To share time-series data across samples, attach the same TimeSeries instance (or two instances with the same explicit time_series_id) to each sample. The writer dedupes by time_series_id, so the bytes are stored once. The same applies to annotations, which the writer dedupes by id.


Discovery and layout

Connectors are found lazily by dataset id: there is no central registry to maintain. A concrete connector lives in its own folder at datasets/<org>/<name>/ (lowercase Python package names): the package's __init__.py exposes a module-level CONNECTOR and a dataset.yaml card sits beside it, so timenet-curate build <org>/<name> imports just that package. Reusable bases live under bases/. Each connector declares its own id in metadata(); ids are lowercase org/name.

Optional dependencies and credentials

A connector may need libraries or credentials its source requires. Declare heavy libraries as an optional extra and import them lazily inside the connector so base users don't have to install them; a missing library should raise a clear error. Credentials come from the environment. For the HuggingFace Hub, a token is read from HF_TOKEN automatically (needed only for gated/private sources). Downloaded source files cache under <TIMENET_CACHE> (see client config).

Example connectors

  • timenet/hello-world is a synthetic, offline reference connector. It needs no network and produces a fully deterministic dataset, so it doubles as the round-trip fixture: two modalities over a shared data source, a series shared across samples, a windowed sample, a chunk-split-sized series, all three annotation shapes (one shared), and a ClassificationTask -> QATask chain plus a LabelingTask. Its dataset card, dataset.yaml, sits beside it in datasets/timenet/hello_world/.
  • chengsenwang/tsqa is a time-series QA dataset: each row's series becomes a TimeSeries and its question/answer a QATask.
timenet-curate build chengsenwang/tsqa                 # live download from the Hub into the local registry
timenet-curate build chengsenwang/tsqa --keep-cache    # keep the raw sources for a faster rebuild

A successful build removes the dataset's raw download cache (<TIMENET_CACHE>/<dataset_id>), since the sources are only needed during conversion; pass --keep-cache to retain them.

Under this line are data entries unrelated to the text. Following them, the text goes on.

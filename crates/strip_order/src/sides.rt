//! The turns of a strip.

/// Over which edge a strip leaves a triangle that it entered over another one, counterclockwise.
#[derive(Clone, Copy, Debug, PartialEq, Eq)]
pub enum Turn {
    /// Over the edge before the one of the entry.
    Left,
    /// Over the edge after it.
    Right,
}

/// How many turns a strip takes to either side, at all its triangles but the first and the last.
#[derive(Clone, Copy, Debug, PartialEq, Eq)]
pub struct Turns {
    /// Those to the left.
    pub left: u32,
    /// Those to the right.
    pub right: u32,
}
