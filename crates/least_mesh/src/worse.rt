//! What is worse than the tolerance.

ghost use Rattle.std.specs.Prelude.{◌≡◌, ℕ, ◌+◌, ◌*◌, ◌/◌, ◌^◌, ◌<◌, ◌≤◌, false, length, replicate};
ghost use Rattle.mesh_defs.specs.State.{priority_seen};
ghost use Rattle.mesh_laws.specs.Least.{is_worse};
ghost use Rattle.mesh_laws.specs.Sweep.{is_flagged};

use address_flags::end;
use bintree_addr::{Tri, level_laws};
use plain_mesh::falling_laws;
use view_priority::{Meter, Scene};

/// Flags each splittable triangle that is worse than the tolerance, and no other.
///
/// A priority is asked only below what is worse: the others are not worse either.
pub fn flag_worse(flags: &mut [bool], scene: &Scene<'_>, tolerance: u64, meter: &mut Meter)
    requires room { length flags.old ≡ 2 ^ (2 * scene.now.grid.n + 1) }
    ensures worse { (a : ℕ) → is_flagged flags.new a ≡ is_worse scene.now.grid.n tolerance (priority_seen scene.now) a }
    ensures asked { meter.new + 2 ≤ meter.old + 2 ^ (2 * scene.now.grid.n + 1) }
    ensures count { meter.old ≤ meter.new }
{
    clear(flags);
    for number in 2..end(scene.n()) {
        if is_worse(flags, scene, tolerance, number, meter) {
            flags[number as usize] = true;
        }
    }
}

/// Takes all flags away.
fn clear(flags: &mut [bool])
    ensures { flags.new ≡ replicate (length flags.old) false }
{
    flags.fill(false);
}

/// Whether a splittable triangle is worse than the tolerance, where its parent's flag is right.
fn is_worse(
    flags: &[bool],
    scene: &Scene<'_>,
    tolerance: u64,
    number: u32,
    meter: &mut Meter,
) -> bool
    requires room { length flags.now ≡ 2 ^ (2 * scene.now.grid.n + 1) }
    requires low { 2 ≤ number }
    requires splittable { number < 2 ^ (2 * scene.now.grid.n + 1) }
    requires parent { 4 ≤ number →
        is_flagged flags.now (number / 2) ≡ is_worse scene.now.grid.n tolerance (priority_seen scene.now) (number / 2) }
    ensures value { result ≡ is_worse scene.now.grid.n tolerance (priority_seen scene.now) number }
    ensures asked { meter.new ≤ meter.old + 1 }
    ensures count { meter.old ≤ meter.new }
{
    level_laws();
    falling_laws();
    if number >= 4 && !flags[number as usize / 2] {
        return false;
    }
    let _valid = scene.n();
    let _count = meter.count();
    scene.rank(Tri::at(number).unwrap(), meter).p > tolerance
}
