//! The least mesh, and the room that it is made in.

ghost use Rattle.std.specs.Prelude.{◌≡◌, ◌+◌, ◌*◌, ◌^◌, ◌≤◌, ◌∷◌, [], IfOk, length};
ghost use Rattle.mesh_defs.specs.Tiling.{IsConforming};
ghost use Rattle.mesh_defs.specs.MeshText.{vertices_of};
ghost use Rattle.mesh_defs.specs.Priority.{priority_of, worst_of};
ghost use Rattle.mesh_defs.specs.State.{priority_seen};
ghost use Rattle.mesh_defs.specs.declared.level.TheConstants.{GREATEST_LEVEL};
ghost use Rattle.wedgie_tree.specs.declared.wedges.TheConstants.{GREATEST_SPACING};
ghost use Rattle.view_priority.specs.Camera.{view_from};
ghost use Rattle.obj_write.specs.Numbers.{numbers_of};
ghost use Rattle.mesh_laws.specs.Least.{IsLeastList, IsLeastMesh};

use crate::flags::sweep;
use crate::list::worst_leaf;
use crate::worse::flag_worse;
use address_flags::{end, list_leaves};
use bintree_addr::{Tri, level_laws};
use cull_marks::Planes;
use mesh_defs::NoMemory;
use mesh_laws::{base_mesh, least_laws};
use obj_write::VertexTable;
use plain_mesh::falling_laws;
use std::alloc::Global;
use std::marker::Model;
use view_priority::{Camera, Meter, Scene};
use wedgie_tree::Wedges;

/// The least mesh of the last frame, in room for every mesh of its grid.
///
/// At n = 11 it takes less than 60 MB: a byte for each splittable triangle, and four for each finest triangle
/// and each grid point.
#[derive(Drop)]
pub struct Least {
    n: u32,
    /// For each address below the finest level, whether it is split.
    flags: Vec<bool>,
    /// Room for all finest triangles; the first `count` are the mesh.
    room: Vec<Tri>,
    count: usize,
    numbers: VertexTable,
}

impl Model for Least {
    ghost use Rattle.std.specs.Prelude.{take};
    ghost use Rattle.least_mesh.specs.Kept.{GridMesh, IsKeptForLeast};

    ghost Value = { GridMesh };

    ghost view = { λ l. record { n = l.n; leaves = take l.count l.room.items } };

    ghost invariant = { λ l. IsKeptForLeast l.n l.flags.items l.room.items l.count l.numbers };
}

/// What a frame tells of its mesh.
#[derive(Clone, Copy, Debug, PartialEq, Eq)]
pub struct LeastNote {
    /// How many triangles the mesh has.
    pub triangles: u32,
    /// How many vertices it has.
    pub vertices: u32,
    /// The greatest priority of its triangles.
    pub worst: u64,
}

impl Least {
    /// Room for the grid of side 2^n; the mesh is the two halves of the square.
    pub fn make(alloc: Global, n: u32) -> Result<Least, NoMemory>
        requires in_grid { (1 ≤ n) × (n ≤ GREATEST_LEVEL) }
        ensures n { IfOk result (λ l. l.n ≡ n) }
        ensures base { IfOk result (λ l. l.leaves ≡ 2 ∷ (3 ∷ [])) }
    {
        level_laws();
        base_mesh(n);
        let flags = vec![in alloc; false; end(n) as usize]?;
        let mut room = vec![in alloc; Tri::LOWER; end(n) as usize]?;
        let count = list_leaves(&flags, n, &mut room);
        let mut numbers = VertexTable::new(alloc, n)?;
        numbers.number(&room[..count], n);
        Ok(Least {
            n,
            flags,
            room,
            count,
            numbers,
        })
    }

    /// The least mesh for a tolerance becomes the mesh: `frame_of`, for a caller that makes no scene.
    pub fn frame(
        &mut self,
        w: &Wedges,
        camera: &Camera,
        spacing: u32,
        planes: &Planes,
        tolerance: u64,
        meter: &mut Meter,
    ) -> LeastNote
        requires grid { w.now.n ≡ self.old.n }
        requires spacing_low { 1 ≤ spacing }
        requires spacing_high { spacing ≤ GREATEST_SPACING }
        ensures n { self.new.n ≡ self.old.n }

        // The leaves of the least closed set of all triangles with a priority above the tolerance.
        ensures list { let p = priority_of w.now.n w.now.heights (view_from camera.now spacing planes.now) in
            IsLeastList w.now.n tolerance p self.new.leaves }

        // Conforming, no triangle above the tolerance; each such list splits all that is split here, has at
        // least as many triangles, and each of them lies in one of these.
        ensures least { let p = priority_of w.now.n w.now.heights (view_from camera.now spacing planes.now) in
            IsLeastMesh w.now.n tolerance p self.new.leaves }
        ensures triangles { result.triangles ≡ length self.new.leaves }
        ensures vertices { result.vertices ≡ length (vertices_of w.now.n self.new.leaves) }
        ensures worst { let p = priority_of w.now.n w.now.heights (view_from camera.now spacing planes.now) in
            result.worst ≡ worst_of p self.new.leaves }

        // At most one priority for each splittable triangle, and one for each leaf.
        ensures asked { meter.new + 2 ≤ meter.old + 2 ^ (2 * w.now.n + 1) + length self.new.leaves }
        ensures count { meter.old ≤ meter.new }
    {
        let scene = Scene {
            wedges: w,
            camera,
            spacing,
            planes,
            threshold: 0,
        };
        self.frame_of(&scene, tolerance, meter)
    }

    /// The least mesh for a tolerance becomes the mesh. Takes no memory.
    ///
    /// Cost (not proved): two passes over the splittable addresses; a priority for each child of what is worse
    /// than the tolerance, and one for each triangle of the mesh; the cost of `VertexTable::number`.
    pub fn frame_of(&mut self, scene: &Scene<'_>, tolerance: u64, meter: &mut Meter) -> LeastNote
        requires grid { scene.now.grid.n ≡ self.old.n }
        ensures n { self.new.n ≡ self.old.n }

        // The leaves of the least closed set of all triangles with a priority above the tolerance.
        ensures list { IsLeastList scene.now.grid.n tolerance (priority_seen scene.now) self.new.leaves }

        // Conforming, no triangle above the tolerance; each such list splits all that is split here, has at
        // least as many triangles, and each of them lies in one of these.
        ensures least { IsLeastMesh scene.now.grid.n tolerance (priority_seen scene.now) self.new.leaves }
        ensures triangles { result.triangles ≡ length self.new.leaves }
        ensures vertices { result.vertices ≡ length (vertices_of scene.now.grid.n self.new.leaves) }
        ensures worst { result.worst ≡ worst_of (priority_seen scene.now) self.new.leaves }

        // At most one priority for each splittable triangle, and one for each leaf.
        ensures asked { meter.new + 2 ≤ meter.old + 2 ^ (2 * scene.now.grid.n + 1) + length self.new.leaves }
        ensures count { meter.old ≤ meter.new }
    {
        level_laws();
        falling_laws();
        least_laws();
        flag_worse(&mut self.flags, scene, tolerance, meter);
        sweep(&mut self.flags, self.n);
        self.count = list_leaves(&self.flags, self.n, &mut self.room);
        let leaves = &self.room[..self.count];
        let vertices = self.numbers.number(leaves, self.n);
        let worst = worst_leaf(leaves, scene, meter);
        LeastNote {
            triangles: self.count as u32,
            vertices,
            worst,
        }
    }

    /// The triangles of the mesh, depth first: 2 before 3, and left child before right child.
    pub fn leaves(&self) -> &[Tri]
        ensures value { result.now ≡ self.now.leaves }
        ensures conforming { IsConforming self.now.n self.now.leaves }
    {
        &self.room[..self.count]
    }

    /// The numbers of the vertices of the mesh.
    pub fn numbers(&self) -> &[u32]
        ensures value { result.now ≡ numbers_of self.now.n self.now.leaves }
    {
        self.numbers.numbers()
    }

    /// The table of these numbers.
    pub fn table(&self) -> &VertexTable
        ensures value { result.now ≡ numbers_of self.now.n self.now.leaves }
    {
        &self.numbers
    }
}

Keeping download and convert apart is what makes a connector testable offline: convert takes raw references and touches no network, so a test hands it a checked-in fixture and skips download entirely. See packages/timenet-connectors/tests/fixtures/ and the _convert() helpers beside them.

Once built, load and inspect a dataset with the SDK. See examples/load_tsqa.py, which loads a dataset and calls describe() to print its identity, counts, per-spec columns, and a sample preview.


See the API reference for timenet.connectors for the full symbol listing.